AIM OF THE TASK:
What is needed here is an exact copy of all the data.

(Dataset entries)
*** Begin section ***

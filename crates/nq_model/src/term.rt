// Terms of the query language.
use crate::list::List;
use crate::text::{Label, Text};
use crate::ty::Ty;

/// An operator before one operand.
#[derive(Clone, Copy, Debug, PartialEq, Eq)]
pub enum Unary {
    Minus,
    Not,
}

/// An operator between two operands.
#[derive(Clone, Copy, Debug, PartialEq, Eq)]
pub enum Binary {
    Add,
    Sub,
    Mul,
    Eq,
    Ne,
    Lt,
    Le,
    Gt,
    Ge,
    And,
    Or,
}

/// A term, and the number of bytes before its first, or telling, token in the whole text.
///
/// After Cheney, Lindley and Wadler, "Query Shredding", SIGMOD 2014.
#[cycle(term)]
#[derive(Drop)]
pub struct Term {
    pub place: u64,
    pub node: Node,
}

/// What a term is. `Var(k)` names the k-th binder outwards, from 0 (de Bruijn, 1972): `Fun`, the
/// body of `For` and the body of `Bind` bind one variable each. An `Int` is from 0 to 2^63 - 1. The
/// fields of a `Rec` keep the order of the text.
#[cycle(term)]
#[derive(Drop)]
pub enum Node {
    Var(u64),
    Int(i64),
    Bool(bool),
    Text(Text),
    Table(Label),
    Unary {
        op: Unary,
        of: Box<Term>,
    },
    Binary {
        op: Binary,
        left: Box<Term>,
        right: Box<Term>,
    },
    If {
        test: Box<Term>,
        yes: Box<Term>,
        no: Box<Term>,
    },
    Fun {
        taken: Ty,
        body: Box<Term>,
    },
    Apply {
        func: Box<Term>,
        arg: Box<Term>,
    },
    Rec(List<(Label, Term)>),
    Field {
        of: Box<Term>,
        label: Label,
    },
    Empty(Box<Term>),
    Count(Box<Term>),
    Sum(Box<Term>),
    Single(Box<Term>),
    Nil(Ty),
    Union {
        left: Box<Term>,
        right: Box<Term>,
    },
    For {
        source: Box<Term>,
        body: Box<Term>,
    },
    Guard {
        test: Box<Term>,
        body: Box<Term>,
    },
    Bind {
        value: Box<Term>,
        body: Box<Term>,
    },
}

*** End section ***

OUTPUT BELOW:
filename crates/nq_model/src/term.rt
// Terms of the query language.
use crate::list::List;
use crate::text::{Label, Text};
use crate::ty::Ty;

/// An operator before one operand.
#[derive(Clone, Copy, Debug, PartialEq, Eq)]
pub enum Unary {
    Minus,
    Not,
}

/// An operator between two operands.
#[derive(Clone, Copy, Debug, PartialEq, Eq)]
pub enum Binary {
    Add,
    Sub,
    Mul,
    Eq,
    Ne,
    Lt,
    Le,
    Gt,
    Ge,
    And,
    Or,
}

/// A term, and the number of bytes before its first, or telling, token in the whole text.
///
/// After Cheney, Lindley and Wadler, "Query Shredding", SIGMOD 2014.
#[cycle(term)]
#[derive(Drop)]
pub struct Term {
    pub place: u64,
    pub node: Node,
}

/// What a term is. `Var(k)` names the k-th binder outwards, from 0 (de Bruijn, 1972): `Fun`, the
/// body of `For` and the body of `Bind` bind one variable each. An `Int` is from 0 to 2^63 - 1. The
/// fields of a `Rec` keep the order of the text.
#[cycle(term)]
#[derive(Drop)]
pub enum Node {
    Var(u64),
    Int(i64),
    Bool(bool),
    Text(Text),
    Table(Label),
    Unary {
        op: Unary,
        of: Box<Term>,
    },
    Binary {
        op: Binary,
        left: Box<Term>,
        right: Box<Term>,
    },
    If {
        test: Box<Term>,
        yes: Box<Term>,
        no: Box<Term>,
    },
    Fun {
        taken: Ty,
        body: Box<Term>,
    },
    Apply {
        func: Box<Term>,
        arg: Box<Term>,
    },
    Rec(List<(Label, Term)>),
    Field {
        of: Box<Term>,
        label: Label,
    },
    Empty(Box<Term>),
    Count(Box<Term>),
    Sum(Box<Term>),
    Single(Box<Term>),
    Nil(Ty),
    Union {
        left: Box<Term>,
        right: Box<Term>,
    },
    For {
        source: Box<Term>,
        body: Box<Term>,
    },
    Guard {
        test: Box<Term>,
        body: Box<Term>,
    },
    Bind {
        value: Box<Term>,
        body: Box<Term>,
    },
}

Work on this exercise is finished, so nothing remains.